Checked Uninitialized Memory

Like C, all stack variables in Rust are uninitialized until a value is explicitly assigned to them. Unlike C, Rust statically prevents you from ever reading them until you do:

fn main() { let x: i32; println!("{}", x); }
| 3 | println!("{}", x); | ^ use of possibly uninitialized `x`

This is based off of a basic branch analysis: every branch must assign a value to x before it is first used. For short, we also say that "x is init" or "x is uninit".

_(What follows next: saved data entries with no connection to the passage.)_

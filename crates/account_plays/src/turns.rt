//! One turn of a code.
ghost use Rattle.std.specs.Prelude.{◌≡◌, false, IfOk};
ghost use Rattle.scan_paths.specs.Scans.{lengths_of};
ghost use Rattle.machine_memory.specs.Acts.{state_of};
ghost use Rattle.machine_memory.specs.RunRooms.{KeepsRoom};
ghost use Rattle.stapl_instructions.specs.Moves.{led_on, IsClean};
ghost use Rattle.stapl_machine.specs.Turns.{no_ticks};
ghost use Rattle.written_cable.specs.Ports.{IsOpenPort, IsDone, Keeps, KeepsParts};
ghost use Rattle.account_plays.specs.AccountTurns.{part_at, part_ticks, IsOpenCable, CanPlayTurns, HasTurned, HasTurnedKept};

use account_lines::TurnPlace;
use base::Steps;
use machine_memory::memory::Workspace;
use run_cable::{RunCable, Runs};
use scan_paths::{BasePads, Cable};
use stapl_code::CodeLists;
use stapl_instructions::Went;
use stapl_machine::{rest_of_turn, turn};
use std::sync::ledger::Ledger;
use tap_states::Tap;
use written_cable::{Digits, Paper, PinCable, Trouble};

/// What is played: the chosen procedures of a code, told by their numbers, with this base padding around each scan, and
/// what is told of each piece of the program.
#[derive(Clone, Copy)]
pub struct Course<'a> {
    pub code: &'a CodeLists,
    pub chosen: &'a [u32],
    pub base: BasePads,
    pub table: &'a [TurnPlace],
}

/// A part of a play: the prologue, which begins it, or the turn at a place of the code.
#[derive(Clone, Copy)]
pub(crate) enum Part {
    Prologue,
    Turn(u32),
}

/// Where a part led, and in which state all controllers are then.
#[derive(Clone, Copy)]
pub struct Turned {
    pub went: Went,
    pub tap: Tap,
}

// Does a part of a play over a port.
fn do_part<C: Cable, O: Paper, L: Ledger>(
    course: &Course<'_>,
    part: Part,
    work: &mut Workspace,
    port: &mut PinCable<C, O>,
    steps: &mut Steps<L>,
) -> Result<Went, Trouble>
    requires ready { CanPlayTurns course.now.code.now work.old }
    requires open { IsOpenPort C.Cable O.Paper port.old }
    ensures does { IsDone C.Cable O.Paper (part_at course.now.code.now part course.now.chosen.now work.old)
        (part_ticks course.now.code.now part course.now.chosen.now work.old) port.old steps.old result
        (λ went. led_on went (state_of course.now.chosen.now work.new)) (λ went. no_ticks) port.new steps.new }
    ensures clean { IfOk result (λ went. IsClean went work.new.operands.items) }
    ensures room { KeepsRoom work.old work.new }
    ensures keeps { Keeps C.Cable O.Paper port.old port.new result }
{
    match part {
        Part::Turn(place) => match turn(course.code, course.chosen, place, work, port, steps) {
            Ok(went) => Ok(went),
            Err(trouble) => Err(trouble),
        },
        Part::Prologue => match rest_of_turn(course.code, course.chosen, 0, work, port, steps) {
            Ok(went) => Ok(went),
            Err(trouble) => Err(trouble),
        },
    }
}

/// Plays a part of a code, from a state of the controllers on. It puts the lines of its events.
///
/// It takes no memory. A `Trouble` comes as at a play.
pub(crate) fn play_part<C: Cable, O: Paper, L: Ledger>(
    course: &Course<'_>,
    part: Part,
    tap: Tap,
    work: &mut Workspace,
    cable: &mut C,
    out: &mut O,
    steps: &mut Steps<L>,
) -> Result<Turned, Trouble>
    requires ready { CanPlayTurns course.now.code.now work.old }
    requires open { IsOpenCable C.Cable tap cable.old }
    requires whole { O.failed out.old ≡ false }
    ensures turned { HasTurned C.Cable O.Paper (lengths_of course.now.base)
        (part_at course.now.code.now part course.now.chosen.now work.old) tap cable.old out.old result
        (λ went. led_on went (state_of course.now.chosen.now work.new)) cable.new out.new }
    ensures clean { IfOk result (λ t. IsClean t.went work.new.operands.items) }
    ensures room { KeepsRoom work.old work.new }
    ensures open { IfOk result (λ t. IsOpenCable C.Cable t.tap cable.new) }
    ensures kept { KeepsParts C.Cable O.Paper cable.old out.old cable.new out.new result }
{
    let mut port = PinCable::over(cable, out, tap, Digits::none(), false, course.base);
    match do_part(course, part, work, &mut port, steps) {
        Ok(went) => {
            let tap = port.tap();
            Ok(Turned { went, tap })
        }
        Err(trouble) => Err(trouble),
    }
}

/// The same over a cable whose runs are kept: what is kept becomes the runs of this part, and the sums go on.
pub(crate) fn play_kept_part<C: Cable, O: Paper, L: Ledger>(
    course: &Course<'_>,
    part: Part,
    tap: Tap,
    work: &mut Workspace,
    cable: &mut C,
    runs: &mut Runs,
    out: &mut O,
    steps: &mut Steps<L>,
) -> Result<Turned, Trouble>
    requires ready { CanPlayTurns course.now.code.now work.old }
    requires open { IsOpenCable C.Cable tap cable.old }
    requires whole { O.failed out.old ≡ false }
    ensures turned { HasTurnedKept C.Cable O.Paper (lengths_of course.now.base)
        (part_at course.now.code.now part course.now.chosen.now work.old) tap cable.old runs.old out.old
        result (λ went. led_on went (state_of course.now.chosen.now work.new)) cable.new runs.new out.new }
    ensures clean { IfOk result (λ t. IsClean t.went work.new.operands.items) }
    ensures room { KeepsRoom work.old work.new }
    ensures open { IfOk result (λ t. IsOpenCable C.Cable t.tap cable.new) }
    ensures kept { KeepsParts C.Cable O.Paper cable.old out.old cable.new out.new result }
{
    runs.begin(tap);
    let mut over = RunCable::over(cable, runs);
    match play_part(course, part, tap, work, &mut over, out, steps) {
        Ok(turned) => Ok(turned),
        Err(trouble) => Err(trouble),
    }
}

Interestingly, Rust doesn't require the variable to be mutable to perform a delayed initialization if every branch assigns exactly once. However the analysis does not take advantage of constant analysis or anything like that. So this compiles:

fn main() { let x: i32; if true { x = 1; } else { x = 2; } println!("{}", x); }

but this doesn't:

fn main() { let x: i32; if true { x = 1; } println!("{}", x); }
| 6 | println!("{}", x); | ^ use of possibly uninitialized `x`

while this does:

fn main() { let x: i32; if true { x = 1; println!("{}", x); } // Don't care that there are branches where it's not initialized // since we don't use the value in those branches }

Of course, while the analysis doesn't consider actual values, it does have a relatively sophisticated understanding of dependencies and control flow. For instance, this works:

#![allow(unused)] fn main() { let x: i32; loop { // Rust doesn't understand that this branch will be taken unconditionally, // because it relies on actual values. if true { // But it does understand that it will only be taken once because // we unconditionally break out of it. Therefore `x` doesn't // need to be marked as mutable. x = 0; break; } } // It also knows that it's impossible to get here without reaching the break. // And therefore that `x` must be initialized here! println!("{}", x); }

If a value is moved out of a variable, that variable becomes logically uninitialized if the type of the value isn't Copy. That is:

fn main() { let x = 0; let y = Box::new(0); let z1 = x; // x is still valid because i32 is Copy let z2 = y; // y is now logically uninitialized because Box isn't Copy }

However reassigning y in this example would require y to be marked as mutable, as a Safe Rust program could observe that the value of y changed:

fn main() { let mut y = Box::new(0); let z = y; // y is now logically uninitialized because Box isn't Copy y = Box::new(1); // reinitialize y }

Otherwise it's like y is a brand new variable.